Problem
Among the entries below, copy every line that carries the word "summed".

Source data
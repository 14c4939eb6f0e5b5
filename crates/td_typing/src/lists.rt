//! What forms with lists make of the typings of their operands.

ghost use Rattle.std.specs.Prelude.{◌≡◌, IfOk};
ghost use Rattle.std.specs.List.{list_all};
ghost use Rattle.td_schema.specs.Kinds as kinds;
ghost use Rattle.td_schema.specs.Results.{Gives};
ghost use Rattle.td_tuples.specs.declared.items.Summary.TheVariants as summary;
ghost use Rattle.td_typing.specs.ForProofs.Infer as spec;
ghost use Rattle.td_typing.specs.Trees as trees;
ghost use Rattle.td_values.specs.declared.TypeKind.TheVariants as type_kind;

use crate::forms::{summary_of, typed};
use crate::parts::{Grouping, Operands};
use sqlite_items::{Boxed, Items};
use std::alloc::{AllocError, Global};
use td_schema::forms::may_extend;
use td_schema::kinds::{is_part, relation_heading, same_heading, tuple_heading};
use td_schema::lists::{are_distinct, attributes_of};
use td_schema::operators::suits;
use td_schema::written::heading_written;
use td_schema::{Schema, TypeError};
use td_syntax::tree::{Aggregate, Attributes, Extension, Named, TypeExpr};
use td_tuples::{Item, Summary, columns_in, columns_of, extended_columns};
use td_typed_trees::tree::{Typed, TypedGroups, Typing};
use td_values::{Heading, Name, TdType, TypeKind};

/// The new attribute of this name.
pub(crate) fn item_of(name: &Name, a: Typing) -> Result<Item<Boxed<Typed>>, AllocError>
    ensures { IfOk result (λ i. i ≡ trees.item_of name.now a.kind a.tree) }
{
    Ok(Item {
        name: name.copy()?,
        ty: TdType { kind: a.kind },
        term: a.tree,
    })
}

/// TUPLE, whose items have these names.
#[tactic(auto, unfolding(crate::specs::ForProofs::Infer::tuple_of))]
pub(crate) fn tuple_of(
    alloc: Global,
    names: &[Name],
    items: Items<Item<Boxed<Typed>>>,
) -> Result<Typing, TypeError>
    ensures { Gives (spec.tuple_of names.now items) result }
{
    if !are_distinct(alloc, names)? {
        return Err(TypeError::IllTyped);
    }
    let kind = TypeKind::Tuple(columns_of(alloc, items.as_slice())?);
    Ok(typed(alloc, Typed::Tuple(items), kind)?)
}

/// EXTEND of a relation of the heading by items of these names.
#[tactic(auto, unfolding(crate::specs::ForProofs::Infer::extended))]
pub fn extended(
    alloc: Global,
    extension: Extension,
    names: &[Name],
    relation: Boxed<Typed>,
    heading: &Heading,
    items: Items<Item<Boxed<Typed>>>,
) -> Result<Typing, TypeError>
    ensures { Gives (spec.extended extension names.now relation heading.now items) result }
{
    if !may_extend(alloc, extension, names, heading)? {
        return Err(TypeError::IllTyped);
    }
    let kind = TypeKind::Relation(extended_columns(alloc, items.as_slice(), heading)?);
    Ok(typed(alloc, Typed::Extend(relation, items), kind)?)
}

// Whether a kind is that of the tuples of this heading.
fn is_tuple_of(kind: &TypeKind, heading: &Heading) -> bool
    ensures { result ≡ kinds.same_kind (type_kind.Tuple heading.now) kind.now }
{
    match tuple_heading(kind) {
        Some(own) => same_heading(heading, own),
        None => false,
    }
}

// Whether each of the kinds is that of the tuples of this heading.
fn are_tuples_of(all: &[TypeKind], heading: &Heading) -> bool
    ensures { result ≡ list_all (kinds.same_kind (type_kind.Tuple heading.now)) all.now }
{
    all.iter().all(|kind| is_tuple_of(kind, heading))
}

// The relation of these operands, which are to be tuples of the heading; ill typed where one is not.
#[tactic(auto, unfolding(crate::specs::ForProofs::Infer::relation_of))]
fn relation_of(alloc: Global, operands: Operands, heading: Heading) -> Result<Typing, TypeError>
    ensures { Gives (spec.relation_of operands heading) result }
{
    if !are_tuples_of(operands.kinds.as_slice(), &heading) {
        return Err(TypeError::IllTyped);
    }
    let kind = TypeKind::Relation(heading.copy()?);
    Ok(typed(alloc, Typed::Relation(heading, operands.trees), kind)?)
}

// The heading of the first, which is a tuple.
fn first_heading(all: &[TypeKind]) -> Result<Heading, TypeError>
    ensures { Gives (spec.first_heading all.now) result }
{
    let Some(first) = all.first() else {
        return Err(TypeError::IllTyped);
    };
    match tuple_heading(first) {
        Some(heading) => Ok(heading.copy()?),
        None => Err(TypeError::IllTyped),
    }
}

// The heading that is written, or where none is written that of the first operand.
fn heading_meant(
    alloc: Global,
    schema: &Schema,
    written: &Option<Items<Named<TypeExpr>>>,
    all: &[TypeKind],
) -> Result<Heading, TypeError>
    ensures { Gives (spec.heading_meant schema.now written.now all.now) result }
{
    match written {
        Some(fields) => heading_written(alloc, schema, fields.as_slice()),
        None => first_heading(all),
    }
}

/// RELATION, with the heading that is written, if it is.
#[tactic(auto, unfolding(crate::specs::ForProofs::Infer::gathered))]
pub(crate) fn gathered(
    alloc: Global,
    schema: &Schema,
    written: &Option<Items<Named<TypeExpr>>>,
    operands: Operands,
) -> Result<Typing, TypeError>
    ensures { Gives (spec.gathered schema.now written.now operands) result }
{
    let heading = heading_meant(alloc, schema, written, operands.kinds.as_slice())?;
    relation_of(alloc, operands, heading)
}

/// The groups of SUMMARIZE PER, of a relation of the heading.
#[tactic(auto, unfolding(crate::specs::ForProofs::Infer::grouped_per))]
pub(crate) fn grouped_per(heading: &Heading, a: Typing) -> Result<Grouping, TypeError>
    ensures { Gives (spec.grouped_per heading.now a) result }
{
    let Some(own) = relation_heading(&a.kind) else {
        return Err(TypeError::IllTyped);
    };
    if !is_part(own, heading) {
        return Err(TypeError::IllTyped);
    }
    let heading = own.copy()?;
    Ok(Grouping {
        groups: TypedGroups::Per(a.tree),
        heading,
    })
}

/// The groups of SUMMARIZE BY, of a relation of the heading.
#[tactic(auto, unfolding(crate::specs::ForProofs::Infer::grouped_by))]
pub(crate) fn grouped_by(
    alloc: Global,
    heading: &Heading,
    attributes: &Attributes,
) -> Result<Grouping, TypeError>
    ensures { Gives (spec.grouped_by heading.now attributes.now) result }
{
    let names = attributes_of(alloc, attributes, heading)?;
    let heading = columns_in(alloc, names.as_slice(), heading)?;
    Ok(Grouping {
        groups: TypedGroups::By(names),
        heading,
    })
}

/// The one group of SUMMARIZE without PER and BY.
pub(crate) fn ungrouped(alloc: Global) -> Result<Grouping, AllocError>
    ensures { IfOk result (λ g. g ≡ spec.ungrouped) }
{
    Ok(Grouping {
        groups: TypedGroups::Whole,
        heading: Heading::new(alloc)?,
    })
}

/// COUNT, as a new attribute.
pub(crate) fn counted(name: &Name) -> Result<Item<Summary<Boxed<Typed>>>, AllocError>
    ensures { IfOk result (λ i. i ≡ trees.item_of name.now type_kind.Integer summary.Count) }
{
    Ok(Item {
        name: name.copy()?,
        ty: TdType {
            kind: TypeKind::Integer,
        },
        term: Summary::Count,
    })
}

/// An aggregate of terms, as a new attribute.
#[tactic(auto, unfolding(crate::specs::ForProofs::Infer::summed))]
pub(crate) fn summed(
    name: &Name,
    aggregate: Aggregate,
    a: Typing,
) -> Result<Item<Summary<Boxed<Typed>>>, TypeError>
    ensures { Gives (spec.summed name.now aggregate a) result }
{
    if !suits(aggregate, &a.kind) {
        return Err(TypeError::IllTyped);
    }
    Ok(Item {
        name: name.copy()?,
        ty: TdType { kind: a.kind },
        term: summary_of(aggregate, a.tree),
    })
}

/// SUMMARIZE by items of these names.
#[tactic(auto, unfolding(crate::specs::ForProofs::Infer::summarized))]
pub(crate) fn summarized(
    alloc: Global,
    names: &[Name],
    relation: Boxed<Typed>,
    grouping: Grouping,
    items: Items<Item<Summary<Boxed<Typed>>>>,
) -> Result<Typing, TypeError>
    ensures { Gives (spec.summarized names.now relation grouping items) result }
{
    if !may_extend(alloc, Extension::Add, names, &grouping.heading)? {
        return Err(TypeError::IllTyped);
    }
    let heading = extended_columns(alloc, items.as_slice(), &grouping.heading)?;
    let tree = Typed::Summarize(relation, grouping.groups, items);
    Ok(typed(alloc, tree, TypeKind::Relation(heading))?)
}

/// WITH of these names.
#[tactic(auto, unfolding(crate::specs::ForProofs::Infer::with_tree))]
pub(crate) fn with_tree(
    alloc: Global,
    names: Items<Named<Boxed<Typed>>>,
    body: Typing,
) -> Result<Typing, TypeError>
    ensures { Gives (spec.with_tree names body) result }
{
    Ok(typed(alloc, Typed::With(names, body.tree), body.kind)?)
}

Answer to the exercise
#[tactic(auto, unfolding(crate::specs::ForProofs::Infer::summed))]
pub(crate) fn summed(
    ensures { Gives (spec.summed name.now aggregate a) result }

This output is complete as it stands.